Bristol-Myers Squibb says it will buy ZymoGenetics for $885M, or $9.75 per share in cash

By AP
Tuesday, September 7, 2010

Bristol-Myers agrees to buy ZymoGenetics for $885M

NEW YORK — Bristol-Myers Squibb Co. said Tuesday it will acquire biotechnology partner ZymoGenetics Inc. for $885 million in another move by a major drugmaker to boost its pipeline by snapping up a smaller developer.

The New York drugmaker’s $9.75-per-share bid represents a 77 percent premium to Zymogenetics’ closing price of $5.51. Bristol-Myers’ said the deal is worth $735 million excluding ZymoGenetics’ cash on hand. Both companies have approved the deal and the board of ZymoGenetics is recommending that shareholders support the bid.

ZymoGenetics stock jumped $4.50, or nearly 85 percent, to $9.76 in aftermarket trading.

Seattle-based ZymoGenetics makes Recothrom, a drug used to reduce bleeding during surgeries. Since January 2009 it has been working with Bristol-Myers to develop a potential hepatitis C treatment called pegylated interferon lambda. That drug is in midstage clinical testing, and the companies said it “could be an important contributor to Bristol-Myers Squibb’s future growth” if it is approved.

ZymoGenetics is also testing experimental treatments for cancer and inflammatory disorders including atopic dermatitis.

“The acquisition of ZymoGenetics brings us full ownership of a promising investigational biologic that strengthens our very diversified Hepatitis C portfolio,” said Lamberto Andreotti, CEO of Bristol-Myers Squibb.

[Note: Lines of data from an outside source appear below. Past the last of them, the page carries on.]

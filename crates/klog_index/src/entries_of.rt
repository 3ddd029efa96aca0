// The walk over the entries of a set.
ghost use Rattle.std.specs.Prelude.{◌≡◌};
ghost use Rattle.klog_index.specs.Rows.{entry_of, entries_of};

use crate::entry::Entry;
use crate::place::Place;
use entry_pool::{InSet, PoolItem};
use std::marker::Model;

/// The entries of a set, newest first.
#[derive(Drop)]
pub struct EntriesOf<'a> {
    rows: InSet<'a>,
}

/// The entries that are left, newest first.
impl<'a> Model for EntriesOf<'a> {
    ghost use Rattle.std.specs.Prelude.{List};
    ghost use Rattle.klog_index.specs.declared.entry.Entry.{Entry};
    ghost use Rattle.klog_index.specs.Rows.{entries_of};

    ghost Value = { List Entry };

    ghost view = { λ x. entries_of x.rows };
}

// The entries of these rows.
pub(crate) fn entries_in(rows: InSet<'_>) -> EntriesOf<'_>
    ensures { result ≡ entries_of rows.entry }
{
    EntriesOf { rows }
}

// The entry that an item notes.
pub(crate) fn entry_of(item: &PoolItem) -> Entry
    ensures { result ≡ entry_of item.now }
{
    Entry {
        set: item.set,
        tag: item.tag,
        place: Place {
            segment: item.segment,
            page: item.page,
            slot: item.slot,
        },
        prediction: item.prediction,
    }
}

impl<'a> Iterator for EntriesOf<'a> {
    ghost use Rattle.std.specs.Iterator.{YieldsFirst, item_count};

    type Item = Entry;

    ghost next_gives = { YieldsFirst (λ rest. rest) };

    ghost remaining = { item_count (λ rest. rest) };

    fn next(&mut self) -> Option<Entry> {
        let row = self.rows.next()?;
        Some(entry_of(&row.item))
    }
}
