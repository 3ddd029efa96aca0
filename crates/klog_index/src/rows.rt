// The first row of a kind, and the next row of a walk.
ghost use Rattle.std.specs.Prelude.{◌≡◌};
ghost use Rattle.entry_pool.specs.Chains.{IsDistinct};
ghost use Rattle.entry_pool.specs.Rows.{numbers, in_set, IsMark, IsNext};
ghost use Rattle.klog_index.specs.Entries.{is_at, is_in, is_on};
ghost use Rattle.klog_index.specs.Rows.{row_of};

use crate::entries_of::entry_of;
use crate::place::Place;
use entry_pool::{EntryPool, Row};

// What is true of every pool. Its model hides that, and its length tells it.
fn know_distinct(pool: &EntryPool)
    ensures { IsDistinct (numbers pool.now.rows) }
{
    let _count = pool.len();
}

// The row of a set at a place.
pub(crate) fn row_in(pool: &EntryPool, set: u32, place: Place) -> Option<Row>
    ensures found { result ≡ row_of (is_in set place) pool.now.rows }
    ensures apart { IsDistinct (numbers pool.now.rows) }
{
    know_distinct(pool);
    let mut left = pool.in_set(set);
    while let Some(row) = left.next() {
        if lies_at(&row, place) {
            return Some(row);
        }
    }
    None
}

// The row at a place.
pub(crate) fn row_at(pool: &EntryPool, place: Place) -> Option<Row>
    ensures found { result ≡ row_of (is_at place) pool.now.rows }
    ensures apart { IsDistinct (numbers pool.now.rows) }
{
    know_distinct(pool);
    let mut left = pool.by_age();
    while let Some(row) = left.next() {
        if lies_at(&row, place) {
            return Some(row);
        }
    }
    None
}

// The next older row after a mark.
pub(crate) fn row_behind(pool: &EntryPool, mark: u32) -> Option<Row>
    requires { IsMark mark pool.now.rows }
    ensures next { IsNext mark pool.now.rows result }
    ensures apart { IsDistinct (numbers pool.now.rows) }
{
    know_distinct(pool);
    pool.next_older(mark)
}

// Of the rows of a set, the next older one after a mark.
pub(crate) fn row_behind_in(pool: &EntryPool, set: u32, mark: u32) -> Option<Row>
    requires { IsMark mark (in_set set pool.now.rows) }
    ensures next { IsNext mark (in_set set pool.now.rows) result }
    ensures apart { IsDistinct (numbers pool.now.rows) }
{
    know_distinct(pool);
    pool.next_in(set, mark)
}

ghost use Rattle.klog_index.specs.Rows.{entry_of};

// Whether a row lies at a place.
fn lies_at(row: &Row, place: Place) -> bool
    ensures { result ≡ is_at place (entry_of row.now.item) }
{
    entry_of(&row.item).place == place
}

// Whether a row lies on a page of the segment with this name.
pub(crate) fn lies_on(row: &Row, segment: u16, page: u8) -> bool
    ensures { result ≡ is_on segment page (entry_of row.now.item) }
{
    row.item.segment == segment && row.item.page == page
}
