// A test of entries.
ghost use Rattle.std.specs.Prelude.{◌≡◌, ◌==◌, Bool};
ghost use Rattle.klog_index.specs.declared.entry.Entry.{Entry};
ghost use Rattle.klog_index.specs.Entries.{is_at};

use crate::entry::Entry;
use crate::place::Place;

/// A test that an entry passes or not.
pub trait EntryTest {
    /// The entries that pass.
    ghost passing: { Self → Entry → Bool };

    /// Whether an entry passes.
    fn passes(&self, entry: &Entry) -> bool
        ensures { result ≡ passing self.now entry.now };
}

// The entry has this tag.
#[derive(Clone, Copy)]
pub(crate) struct HasTag {
    pub(crate) tag: u16,
}

impl EntryTest for HasTag {
    ghost passing = { λ test e. e.tag == test.tag };

    fn passes(&self, entry: &Entry) -> bool {
        entry.tag == self.tag
    }
}

// The entry lies at this place.
#[derive(Clone, Copy)]
pub(crate) struct LiesAt {
    pub(crate) place: Place,
}

impl EntryTest for LiesAt {
    ghost passing = { λ test e. is_at test.place e };

    fn passes(&self, entry: &Entry) -> bool {
        entry.place == self.place
    }
}
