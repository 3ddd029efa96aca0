// Where a record lies.

/// Where a record of the log lies.
#[derive(Clone, Copy, PartialEq, Eq)]
pub struct Place {
    /// The name of its segment, below 258.
    pub segment: u16,
    /// The page of the segment, below 64.
    pub page: u8,
    /// The place on the page, below 64.
    pub slot: u8,
}
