// A live record, as the index knows it.
use crate::place::Place;
use record_pages::Prediction;

/// A live record of the log, as the index knows it.
#[derive(Clone, Copy, PartialEq, Eq)]
pub struct Entry {
    /// The set of its key.
    pub set: u32,
    /// The tag of its key.
    pub tag: u16,
    /// Where it lies.
    pub place: Place,
    /// How soon it is predicted to be asked for again.
    pub prediction: Prediction,
}
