//! The index of a log's live records: which of them belong to a set, and where each one lies.
#![tactic(auto)]

mod entries_of;
mod entry;
mod entry_test;
mod index;
mod index_full;
mod place;
mod rows;

pub use entries_of::EntriesOf;
pub use entry::Entry;
pub use entry_test::EntryTest;
pub use index::LogIndex;
pub use index_full::IndexFull;
pub use place::Place;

Bristol-Myers is one of the world’s largest drugmakers and sells Plavix, a blood thinner that is the world’s second-best selling brand name drug. Its other products include the psychiatric disorder treatment Abilify, Reyataz and Sustiva for HIV, Sprycel for cancer, and Onglyza for diabetes.

However the company is looking for ways to shore up its growth in the coming years. The patents supporting Plavix will expire in 2012, allowing cheaper generic versions to enter the market and eroding sales. Bristol-Myers’ blood pressure drug Avapro is likely to face generic competition the same year.

Sales of Plavix totaled $6.15 billion in 2009, and the company reported $1.28 billion in Avapro revenue.

The move comes as many big pharma companies face patent cliffs that have them racing to fill out their development pipelines through acquisitions. Biotechnology companies are particularly attractive because there is not yet a regulatory pathway for generic versions of biotech drugs. Last month Sanofi-Aventis took its $18.5 billion bid for Genzyme Corp. public after that biotech company rejected the offer as inadequate.

Shareholders holding 37 percent of Zymogenetics’ stock have agreed to vote for the deal. Bristol-Myers said the acquisition will trim its profit by 3 cents per share in 2010 and by 7 cents per share in 2011.

Morgan Stanley and Kirkland & Ellis LLP are advising Bristol-Myers Squibb on the deal. Goldman, Sachs & Co. and Latham & Watkins LLP and Fenwick & West LLP are counsel to ZymoGenetics.

Bristol-Myers shares rose 3 cents to close earlier at $26.61.